For three hours we connected roads, hills, llama trails, llama dung, faint footpaths, talus, scree, ice, and snow before finally emerging below Huayna's West Face. We took a break and scoped a line. Since we carried only two pickets, a handful of ice screws, and a single 8 mm rope between us, we looked for a route with more snow and ice than rock. After a few minutes of recon, we pieced together what looked to be like a fifty- to seventy-degree line of appropriate terrain. After a few more minutes spent laughing at our own weakened state (Danny's especially), we unsheathed our tools and began climbing at a pace that would've made slug racing seem exciting.

The terrain started out mellow enough that neither of us wanted a rope and I decided that it would be best if the Legendary Danny carry the entire cord in a mountaineers coil around his neck. Slowly, the hours crept by and the exposure increased. We continued to climb unroped on terrain pushing seventy degrees. Conditions were perfect as we front-pointed, daggered, and swung our way up. After two thousand feet of climbing, one of Danny's water bottles got away from him and we both watched it tumble for many seconds before disappearing out of sight. A quote from Mark Twight ran through my head: "After mediocrity ... The ground." I swallowed hard. It was a subtle reminder to gravity's unerring gaze and to the consequences of a mistake.

Just then, as if on cue, the perfect névé that had been assisting our slow progress disappeared, and we were knee-deep in unconsolidated muck. Danny hand-placed two pickets, equalized them, clipped in, and shrugged. He uncoiled the rope and passed an end to me. "Hey, Andres," he said, "don't fall." I tied in and started up. Without going into too much detail, all I'm going to say is that the following pitch sobered me up fast. It took at least one hour to go one hundred feet and I would've been better off climbing the pitch with a shovel. Had I fallen or slipped at any point during the lead, Danny's pickets would've come out as though they weren't even there, and the next team to climb the face would've found us in a final, frozen dance of bloodied limbs and rope, two-thousand feet down, on the flat glacier below.

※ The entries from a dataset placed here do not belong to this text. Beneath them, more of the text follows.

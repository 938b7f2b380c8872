//! The limits that a request chooses. What isn't named here is the same for all requests.

ghost use Rattle.std.specs.Prelude.{◌≡◌, ◌⊎◌, ◌≤◌};
ghost use Rattle.host_limits.specs.Limits.{declared_limit, resource_limit, domain_limit, weight_limit};

use rh_base::limits::{DECLARED, DOMAIN_PATHS, RESOURCES, WEIGHT};

/// Declared resources and classes of a host, virtual ones too.
pub const HOST_DECLARED: u32 = 16_384;

/// Real plain resources of a host.
pub const HOST_RESOURCES: u32 = 1_024;

/// Paths of a host's finite domain.
pub const HOST_DOMAIN_PATHS: u64 = 65_536;

/// Which limits hold.
#[derive(Clone, Copy, Debug, PartialEq, Eq)]
pub enum Limits {
    /// Those of a manifest.
    Usual,
    /// Those of a whole host.
    Host,
}

impl Limits {
    /// Declared resources and classes, virtual ones too.
    pub fn declared(self) -> u32
        ensures { result ≡ declared_limit self }
    {
        match self {
            Limits::Usual => DECLARED,
            Limits::Host => HOST_DECLARED,
        }
    }

    /// Real plain resources.
    pub fn resources(self) -> u32
        ensures { result ≡ resource_limit self }
    {
        match self {
            Limits::Usual => RESOURCES,
            Limits::Host => HOST_RESOURCES,
        }
    }

    /// Paths of a finite domain.
    pub fn domain_paths(self) -> u64
        ensures { result ≡ domain_limit self }
    {
        match self {
            Limits::Usual => DOMAIN_PATHS,
            Limits::Host => HOST_DOMAIN_PATHS,
        }
    }

    /// What the questions about a graph may weigh; without a number, whatever they do.
    pub fn weight(self) -> Option<u64>
        ensures { result ≡ weight_limit self }
    {
        match self {
            Limits::Usual => Some(WEIGHT),
            Limits::Host => None,
        }
    }
}
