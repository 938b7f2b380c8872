//! The values of texts in double quotes.
ghost use Rattle.std.specs.Prelude.{◌≡◌, ◌<◌, ◌≤◌, ◌∷◌, ◌++◌, false, true, length, IfSome, OnOk, MatchOption, string_bytes, encode_utf8};
ghost use Rattle.std.specs.Option.{option_map};
ghost use Rattle.pp_syntax.specs.Bytes.{is_hex};
ghost use Rattle.pp_syntax.specs.Tokens.{is_simple_escape, is_scalar};
ghost use Rattle.pp_syntax.specs.TokenValues.{simple_value};
ghost use Rattle.pp_readers.specs.Parsed.{Gives};
ghost use Rattle.pp_readers.specs.Values.{GivesChar, NoAsciiFirst, hex_front, simple_front, dq, dq_escaped, dq_unicode, dq_four, dq_braced};

use crate::values::{behind, cut};
use pp_readers::Misread;
use pp_syntax::{digit_of, is_hex, is_simple_escape};
use rh_base::{NoMemory, Text};
use std::alloc::Global;

fn simple_value(c: u8) -> u8
    ensures { result ≡ simple_value c }
{
    match c {
        b'n' => b'\n',
        b'r' => b'\r',
        b't' => b'\t',
        b's' => b' ',
        _ => c,
    }
}

/// The character of this number.
fn scalar(n: u32) -> Option<char>
    ensures { MatchOption result (is_scalar n ≡ false) (λ c. (is_scalar n ≡ true) × (c ≡ n)) }
{
    char::from_u32(n)
}

/// The first byte, if it is an ASCII character, and what is left behind it.
fn first(text: &str) -> Option<(u8, &str)>
    ensures { MatchOption result (NoAsciiFirst text.now) (λ x. (text.now ≡ x.0 ∷ x.1.now) × (x.0 < 128)) }
{
    let b = *text.as_bytes().first()?;
    if b >= 128 {
        return None;
    }
    let rest = behind(text, char::from(b))?;
    Some((b, rest))
}

/// The value of the hexadecimal digit at the front, and what is left behind it.
#[tactic(auto, using(pp_readers::proofs::Digits::hex_here, pp_readers::proofs::Digits::hex_nowhere))]
fn hex_digit(text: &str) -> Option<(u32, &str)>
    ensures { option_map (λ x. (x.0, x.1.now)) result ≡ hex_front text.now }
{
    let (b, rest) = first(text)?;
    if is_hex(b) {
        Some((u32::from(digit_of(b)), rest))
    } else {
        None
    }
}

/// The character of a simple escape, and what is left behind it.
#[tactic(auto, using(pp_readers::proofs::Digits::simple_here, pp_readers::proofs::Digits::simple_nowhere))]
fn simple(text: &str) -> Option<(char, &str)>
    ensures { option_map (λ x. (x.0, x.1.now)) result ≡ simple_front text.now }
{
    let (c, rest) = first(text)?;
    if is_simple_escape(c) {
        Some((char::from(simple_value(c)), rest))
    } else {
        None
    }
}

/// The character that four digits stand for, of which some are read.
#[tactic(auto, using(pp_readers::proofs::Digits::four_none, pp_readers::proofs::Digits::four_last, pp_readers::proofs::Digits::four_bad, pp_readers::proofs::Digits::four_next, pp_readers::proofs::Digits::four_large, pp_readers::proofs::Digits::hex_shorter, pp_readers::proofs::Digits::hex_small))]
fn four(count: u32, value: u32, text: &str) -> Option<(char, &str)>
    requires few { count ≤ 3 }
    requires small { value < 1114112 }
    ensures value { GivesChar (option_map (λ x. (x.0, x.1.now)) result) (dq_four count value text.now) }
    ensures shorter { IfSome result (λ x. length x.1.now < length text.now) }
{
    let (digit, rest) = hex_digit(text)?;
    let next = value * 16 + digit;
    if count == 3 {
        let c = scalar(next)?;
        return Some((c, rest));
    }
    if next > 1114111 {
        return None;
    }
    four(count + 1, next, rest)
}

/// The character that digits up to a `}` stand for, of which some are read.
#[tactic(auto, using(pp_readers::proofs::Digits::braced_none, pp_readers::proofs::Digits::braced_empty, pp_readers::proofs::Digits::braced_last, pp_readers::proofs::Digits::braced_bad, pp_readers::proofs::Digits::braced_seven, pp_readers::proofs::Digits::braced_next, pp_readers::proofs::Digits::braced_large, pp_readers::proofs::Digits::hex_shorter, pp_readers::proofs::Digits::hex_small, pp_readers::proofs::Digits::behind_shorter))]
fn braced(count: u32, value: u32, text: &str) -> Option<(char, &str)>
    requires few { count ≤ 6 }
    requires small { value < 1114112 }
    ensures value { GivesChar (option_map (λ x. (x.0, x.1.now)) result) (dq_braced count value text.now) }
    ensures shorter { IfSome result (λ x. length x.1.now < length text.now) }
{
    if let Some(rest) = behind(text, '}') {
        if count == 0 {
            return None;
        }
        let c = scalar(value)?;
        return Some((c, rest));
    }
    let (digit, rest) = hex_digit(text)?;
    let next = value * 16 + digit;
    if count == 6 {
        return None;
    }
    if next > 1114111 {
        return None;
    }
    braced(count + 1, next, rest)
}

/// The character that `\u` before this text stands for.
#[tactic(auto, using(pp_readers::proofs::Digits::unicode_brace, pp_readers::proofs::Digits::unicode_none, pp_readers::proofs::Digits::unicode_digit, pp_readers::proofs::Digits::hex_shorter, pp_readers::proofs::Digits::hex_small, pp_readers::proofs::Digits::behind_shorter))]
fn unicode(text: &str) -> Option<(char, &str)>
    ensures value { GivesChar (option_map (λ x. (x.0, x.1.now)) result) (dq_unicode text.now) }
    ensures shorter { IfSome result (λ x. length x.1.now < length text.now) }
{
    if let Some(rest) = behind(text, '{') {
        return braced(0, 0, rest);
    }
    let (digit, rest) = hex_digit(text)?;
    four(1, digit, rest)
}

/// The character that a backslash before this text stands for, and what is left.
#[tactic(auto, using(pp_readers::proofs::Digits::escape_simple, pp_readers::proofs::Digits::escape_unicode, pp_readers::proofs::Digits::escape_none, pp_readers::proofs::Digits::simple_shorter, pp_readers::proofs::Digits::behind_shorter))]
fn escape(text: &str) -> Option<(char, &str)>
    ensures value { GivesChar (option_map (λ x. (x.0, x.1.now)) result) (dq_escaped text.now) }
    ensures shorter { IfSome result (λ x. length x.1.now ≤ length text.now) }
{
    if let Some((c, rest)) = simple(text) {
        return Some((c, rest));
    }
    if let Some(rest) = behind(text, 'u') {
        return unicode(rest);
    }
    Some(('\\', text))
}

#[tactic(auto, using(pp_readers::proofs::Digits::dq_end, pp_readers::proofs::Digits::dq_escape, pp_readers::proofs::Digits::dq_stops))]
fn unescaped(alloc: Global, index: usize, raw: &str) -> Result<String, Misread>
    ensures { Gives (λ s. string_bytes s) result (dq raw.now) }
{
    let mut value = String::new(alloc);
    let mut rest = raw;
    while let Some((front, tail)) = cut(rest) {
        push_str(&mut value, front)?;
        let Some((c, more)) = escape(tail) else {
            return Err(Misread::Form(index));
        };
        push(&mut value, c)?;
        rest = more;
    }
    push_str(&mut value, rest)?;
    Ok(value)
}

fn push_str(value: &mut String, piece: &str) -> Result<(), NoMemory>
    ensures { OnOk result (string_bytes value.new ≡ string_bytes value.old ++ piece.now) }
{
    value.push_str(piece)?;
    Ok(())
}

fn push(value: &mut String, c: char) -> Result<(), NoMemory>
    ensures { OnOk result (string_bytes value.new ≡ string_bytes value.old ++ encode_utf8 c) }
{
    value.push(c)?;
    Ok(())
}

/// The value of text in double quotes.
pub fn dq(alloc: Global, index: usize, raw: &str) -> Result<Text, Misread>
    ensures { Gives (λ t. t) result (dq raw.now) }
{
    let value = unescaped(alloc, index, raw)?;
    Ok(Text::from_string(value))
}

Once out of the muck and back on firm snow, we untied and continued on steep, exposed terrain. I desperately wanted to take photos of Danny glowing in the sun, soloing below me, and loving life with twenty-five hundred feet of air below his feet. But my gloves and fingers were frozen after battling with the deep snow, and I couldn't find the strength or the will to operate my camera. We plodded on to the summit cornice and set another fictional belay. Once again, Danny clipped in to the anchor and I tied in to the rope. I traversed right from our stance and burrowed my way under and around the cornice until there was no longer any snow or cornice or mountain above my head. Bafff! The Summit!

We lingered on top for a few minutes, watching the Cordillera Real turn from gold to red in the setting sun ... reminding us in that fading instant why we'd come. It was 5pm. The mountain was empty. Illimani, Mururata, and the entire altiplano were ablaze in light while Huayna cast a huge, conical shadow for miles. We shed the rope for the last time that day and packed it away. It was time to go down. Tired but refueled, we were eager for another endless night in La Paz and ready for the next Brilliant Plan.

Danny half-way up the west face of huayana potosi

Editor's note: Andrew and Danny's 21-hour itinerary sorts out as follows:

Depart La Paz: 3:00 am
Arrive trailhead: 4:30 am
Reach base of route: 9:00 am
Reach summit: 5:00 pm
Reach Zongo Pass: 6:30 pm
Mini-mini bus arrives: 9:30pm
Reach La Paz: 11:00pm
Dinner and drinks served: midnight


About the author: Andrew Wexler has been guiding for AAI for over 8 years in Canada, Ecuador, Bolivia, Peru, and Argentina. Aside from time spent writing seriously funny stories about seriously hard mountain climbs, Andrew equally enjoys ice and rock climbing, and he has done numerous big wall routes in Yosemite, Colorado, the Cascades, Patagonia, and the Bugaboos. He is also a keen skier and has spent many days gliding throughout the Canadian and Alaskan backcountry, including several major ski traverses.